DigiCams that use a shutter and LCD keep the Shutter open most of the time, for the viewfinder. When you trigger the action, the shutter closes, the CCD is flushed to a blank state, and then the shutter opens and closes. While the CCD is closed, the CCD is read, and the photo transferred. Then the shutter reopens. This is why there is often Lag (delay between shutter press and actual shot) on digital cameras (along with the AutoFocus/AutoExposure system). It also limits the speed of sequential shooting.

My 2 year old Olympus 2100UZ can shoot 1.5 frames (up to 5 frames in a 16Mb buffer) per second on a 2.1Mp camera, using a conventional shutter type arrangement.

Some cameras do rely on electronic shuttering - the Olympus E100RS achieved up to 25 frames per second using a special CCD that was optimised for electronic shuttering (only 1.3m pixels tho) and a 32Mb buffer.

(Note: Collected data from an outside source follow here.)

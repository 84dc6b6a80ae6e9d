//! Who sits where, and what the system told of it.
ghost use Rattle.std.specs.Prelude.{◌≡◌, ◌≢◌, ◌≤◌, ◌<◌, ℕ, [], None, Some, true, length, IfOk, IfSome, OnOk, OnErr};
ghost use Rattle.ports.specs.declared.ports.Came.TheVariants.{Nothing as NothingCame};
ghost use Rattle.ports.specs.Calls.{Gives, IsTold, Took};
ghost use Rattle.socket_ports.specs.Places.{came_in, went_in, up_in, over_in, idle_in, origin_in};

use crate::connection::Connection;
use crate::operator::Operator;
use crate::place::Place;
use live_words::Origin;
use ports::Came;
use std::alloc::{AllocError, Global};

/// The token of the operators' door.
pub(crate) const DESK: usize = 1;

/// The most doors of members.
pub const MAX_DOORS: usize = 257;

/// The most operators at a time.
pub(crate) const MAX_OPERATORS: usize = 64;

/// The first token of an operator's connection, of a members' door, and of a port.
pub(crate) const OPERATORS: usize = 2;

pub(crate) const DOORS: usize = 66;

pub(crate) const PORTS: usize = 323;

/// The ports, the operators, and whether a connection may ask at each door.
#[derive(Drop)]
pub(crate) struct Seats {
    pub(crate) asks: Vec<bool>,
    pub(crate) desk_asks: bool,
    pub(crate) places: Vec<Place>,
    pub(crate) operators: Vec<Option<Operator>>,
}

impl Seats {
    pub(crate) fn new(alloc: Global, doors: usize) -> Result<Seats, AllocError>
        ensures { IfOk result (λ seats. seats.places.items ≡ []) }
    {
        Ok(Seats {
            asks: vec![in alloc; true; doors]?,
            desk_asks: true,
            places: Vec::new(alloc),
            operators: Vec::new(alloc),
        })
    }

    /// Notes what the system told of.
    pub(crate) fn note(&mut self, token: usize, readable: bool, writable: bool, ends: bool)
        ensures came { (q : ℕ) → came_in self.new.places.items q ≡ came_in self.old.places.items q }
        ensures went { (q : ℕ) → went_in self.new.places.items q ≡ went_in self.old.places.items q }
        ensures up { (q : ℕ) → up_in self.new.places.items q ≡ up_in self.old.places.items q }
    {
        if token < OPERATORS {
            self.desk_asks = true;
        } else if token < DOORS {
            if let Some(Some(operator)) = self.operators.get_mut(token - OPERATORS) {
                operator.note(readable, writable, ends);
            }
        } else if token < PORTS {
            if let Some(asks) = self.asks.get_mut(token - DOORS) {
                *asks = true;
            }
        } else {
            note_port(&mut self.places, token - PORTS, readable, writable, ends);
        }
    }

    /// Sends operators what they were answered, as far as they take it.
    pub(crate) fn send_answers(&mut self)
        ensures places { self.new.places ≡ self.old.places }
    {
        send_all(&mut self.operators);
    }
}

/// Sends each operator what he was answered.
fn send_all(operators: &mut Vec<Option<Operator>>) {
    for index in 0..operators.len() {
        if let Some(Some(operator)) = operators.get_mut(index) {
            operator.flush();
        }
    }
}

/// A port has this connection now.
pub(crate) fn seat(
    places: &mut Vec<Place>,
    port: usize,
    connection: Connection,
    origin: Origin,
) -> Result<(), AllocError>
    requires next { port ≤ length places.old.items }
    ensures origin { OnOk result (origin_in places.new.items port ≡ origin) }
    ensures fresh_came { OnOk result (came_in places.new.items port ≡ []) }
    ensures fresh_went { OnOk result (went_in places.new.items port ≡ []) }
    ensures err { OnErr result (places.new.items ≡ places.old.items) }
    ensures came { (q : ℕ) → q ≢ port → came_in places.new.items q ≡ came_in places.old.items q }
    ensures went { (q : ℕ) → q ≢ port → went_in places.new.items q ≡ went_in places.old.items q }
    ensures up { (q : ℕ) → q ≢ port → up_in places.new.items q ≡ up_in places.old.items q }
    ensures over { (q : ℕ) → q ≢ port → over_in places.new.items q ≡ over_in places.old.items q }
{
    let place = Place::new(Some(connection), origin);
    if port < places.len() {
        places[port] = place;
        return Ok(());
    }
    places.push(place)?;
    Ok(())
}

/// Reads of a port.
pub(crate) fn read_at(places: &mut Vec<Place>, port: usize, room: &mut [u8]) -> Option<Came>
    requires { port < length places.old.items }
    ensures gives { IfSome result (Gives (came_in places.old.items port) (came_in places.new.items port) room.new) }
    ensures told { IfSome result (IsTold (over_in places.new.items port)) }
    ensures none { result ≡ None → came_in places.new.items port ≡ came_in places.old.items port }
    ensures came { (q : ℕ) → q ≢ port → came_in places.new.items q ≡ came_in places.old.items q }
    ensures went { (q : ℕ) → went_in places.new.items q ≡ went_in places.old.items q }
    ensures up { (q : ℕ) → up_in places.new.items q ≡ up_in places.old.items q }
    ensures over { (q : ℕ) → q ≢ port → over_in places.new.items q ≡ over_in places.old.items q }
    ensures idle { result ≡ Some NothingCame → idle_in places.new.items port ≡ true }
{
    places[port].read(room)
}

/// Writes to a port.
pub(crate) fn write_at(places: &mut Vec<Place>, port: usize, bytes: &[u8]) -> Option<usize>
    requires { port < length places.old.items }
    ensures took { IfSome result (Took (went_in places.old.items port) (went_in places.new.items port) bytes.now) }
    ensures none { result ≡ None → went_in places.new.items port ≡ went_in places.old.items port }
    ensures came { (q : ℕ) → came_in places.new.items q ≡ came_in places.old.items q }
    ensures went { (q : ℕ) → q ≢ port → went_in places.new.items q ≡ went_in places.old.items q }
    ensures up { (q : ℕ) → up_in places.new.items q ≡ up_in places.old.items q }
    ensures over { (q : ℕ) → over_in places.new.items q ≡ over_in places.old.items q }
    ensures idle { result ≡ Some 0 → idle_in places.new.items port ≡ true }
{
    places[port].write(bytes)
}

/// Notes that a call of a port found nothing to do.
pub(crate) fn rest(places: &mut Vec<Place>, port: usize)
    ensures idle { idle_in places.new.items port ≡ true }
    ensures came { (q : ℕ) → came_in places.new.items q ≡ came_in places.old.items q }
    ensures went { (q : ℕ) → went_in places.new.items q ≡ went_in places.old.items q }
    ensures up { (q : ℕ) → up_in places.new.items q ≡ up_in places.old.items q }
    ensures over { (q : ℕ) → over_in places.new.items q ≡ over_in places.old.items q }
{
    if port < places.len() {
        places[port].rest();
    }
}

/// Notes what the system told of a port.
fn note_port(places: &mut Vec<Place>, port: usize, readable: bool, writable: bool, ends: bool)
    ensures came { (q : ℕ) → came_in places.new.items q ≡ came_in places.old.items q }
    ensures went { (q : ℕ) → went_in places.new.items q ≡ went_in places.old.items q }
    ensures up { (q : ℕ) → up_in places.new.items q ≡ up_in places.old.items q }
{
    if port < places.len() {
        places[port].note(readable, writable, ends);
    }
}
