//! What a trial finds.
use std::process::Abort;

/// What was compared holds, at a place of the trial.
pub fn check(rt: &impl Abort, holds: bool, what: &str, place: u32) {
    assert!(rt; holds, "{what} at {place}");
}
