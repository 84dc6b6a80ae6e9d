//! An operator's connection: words come in by the line, answers go out.
ghost use Rattle.std.specs.Prelude.{◌≤◌, ◌<◌, length, IfSome};

use crate::connection::Connection;
use crate::door::Stream;
use memchr::memchr;
use ports::Came;
use std::alloc::{AllocError, Global};

/// The most bytes of a line that an operator may write.
const MAX_WORD_BYTES: usize = 16_384;

/// The most bytes of answers that wait for an operator who does not read.
const MAX_ANSWER_BYTES: usize = 1 << 20;

/// How many bytes are read at once.
const READ_BYTES: usize = 4_096;

/// An operator's connection.
#[derive(Drop)]
pub struct Operator {
    alloc: Global,
    connection: Connection,
    /// What came and is not yet a whole line that was handed out; what of it was handed out.
    came: Vec<u8>,
    handed: usize,
    /// How many lines were handed out.
    lines: u64,
    /// What goes out, and how much of it went.
    out: Vec<u8>,
    sent: usize,
    /// He sends no more, so the connection ends once his answers are out.
    over: bool,
    /// It is to be dropped.
    dead: bool,
}

impl Operator {
    pub fn new(alloc: Global, stream: Stream) -> Operator {
        Operator {
            alloc,
            connection: Connection::new(stream),
            came: Vec::new(alloc),
            handed: 0,
            lines: 0,
            out: Vec::new(alloc),
            sent: 0,
            over: false,
            dead: false,
        }
    }

    /// The system told of a change.
    pub fn note(&mut self, readable: bool, writable: bool, ends: bool) {
        self.connection.note(readable, writable, ends);
    }

    /// Whether a word may be there.
    pub fn may_speak(&self) -> bool {
        !self.dead && (self.connection.is_readable() || self.end_of_line().is_some())
    }

    /// Whether nothing more comes of it or goes to it.
    pub fn is_done(&self) -> bool {
        self.dead || self.over && self.sent >= self.out.len() && self.end_of_line().is_none()
    }

    /// Where the next whole line ends.
    fn end_of_line(&self) -> Option<usize>
        ensures { IfSome result (λ end. (self.now.handed ≤ end) × (end < length self.now.came.items)) }
    {
        if self.handed >= self.came.len() {
            return None;
        }
        match memchr(b'\n', &self.came[self.handed..]) {
            Some(count) => Some(self.handed + count),
            None => None,
        }
    }

    /// Lets go of what was handed out.
    fn keep_rest(&mut self) -> Result<(), AllocError> {
        if self.handed > 0 && self.handed <= self.came.len() {
            self.came = Vec::from_slice(self.alloc, &self.came[self.handed..])?;
            self.handed = 0;
        }
        Ok(())
    }

    /// Keeps what came. Of a line that is too long no more is kept than shows that it is.
    fn take(&mut self, came: &[u8]) -> Result<(), AllocError> {
        if self.came.len() <= MAX_WORD_BYTES {
            self.came.extend_from_slice(came)?;
        } else if let Some(end) = memchr(b'\n', came) {
            self.came.extend_from_slice(&came[end..])?;
        }
        Ok(())
    }

    /// How many lines were handed out.
    pub fn lines(&self) -> u64 {
        self.lines
    }

    /// Reads what is there.
    fn fill(&mut self) -> Result<(), AllocError> {
        if self.over || self.dead {
            return Ok(());
        }
        let mut room = [0u8; READ_BYTES];
        match self.connection.read(&mut room) {
            Some(Came::Bytes(count)) => self.take(&room[..count])?,
            Some(Came::Nothing) => {}
            Some(Came::End) => self.over = true,
            None => self.dead = true,
        }
        Ok(())
    }

    /// Lays the next whole line, without its LF, into `line`, and says whether there was one. Of a line that is too long its
    /// beginning is laid there, which is too long as well.
    pub fn word(&mut self, line: &mut Vec<u8>) -> Result<bool, AllocError> {
        if self.end_of_line().is_none() {
            self.keep_rest()?;
            self.fill()?;
        }
        let Some(end) = self.end_of_line() else {
            return Ok(false);
        };
        line.clear();
        line.extend_from_slice(&self.came[self.handed..end])?;
        if line.ends_with(b"\r") {
            let _ = line.pop();
        }
        self.handed = end + 1;
        self.lines = self.lines.saturating_add(1);
        Ok(true)
    }

    /// Answers by whole lines, each with its LF, which wait until `flush`. Who does not read his answers is dropped.
    pub fn answer(&mut self, text: &[u8]) -> Result<(), AllocError> {
        if self.out.len() > MAX_ANSWER_BYTES {
            self.dead = true;
            return Ok(());
        }
        self.out.extend_from_slice(text)
    }

    /// Writes what waits, as far as it is taken.
    pub fn flush(&mut self) {
        if self.dead || self.sent >= self.out.len() {
            return;
        }
        match self.connection.write(&self.out[self.sent..]) {
            Some(count) => self.sent += count,
            None => self.dead = true,
        }
        if self.sent >= self.out.len() {
            self.out.clear();
            self.sent = 0;
        }
    }
}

It had a 10x optical zoom, image stabiliser and was optimised for sport and nature shooting (it would capture 5 frames per second when you halfpressed the shutter, so you had 5 images from before you pressed the shutter - eats memory, but you never missed the shot you wanted cause you were a bit too slow on the button).

No-one seems to want to pursue that sort of innovation in the current Digital Camera marketplace - the manufacturers put more pixels into cameras (that few people really need) and don’t look at the features people will use when they have them in the real world (real [greater than 3x] zoom because you are never close enough, low light cause it’s always too dark and the tiny flash is useless, pre-capture and fast sequence shooting because your kids don’t stand still and my finger is too slow). Since I can get great 8x10s from a 2.1Mp camera, I wouldn’t upgrade until someone gave me the features I love in my camera (10x optical zoom) with something really compelling to address the deficiencies (like using more pixels for better low-light photography, as does the Fuji 6900).

Simon

That sounds plausible. The problem is the readout process, not the start of the exposure.

I should have put a disclaimer that I don’t know much about commercial digital camera design. I’m extrapolating from scientific CCD detectors which I do know about. With scientific observations it’s vital to control the exposure time accurately, so you use a mechanical shutter to start and end the exposure.

CalMeacham, what kind of detectors were they? Perhaps they were smaller detectors with fast readout, or possibly CMOS detectors. There are surprisingly few explanations and examples on the web, but here’s one:
http://www.ccd-sensor.de/english/html/hauptteil_smear.html

Is everyone in here that says they have a shutter, sure that is what it is, and not a lens cover? I’ve seen plenty of digital cameras with lens covers (powered and unpowered) but none with a shutter.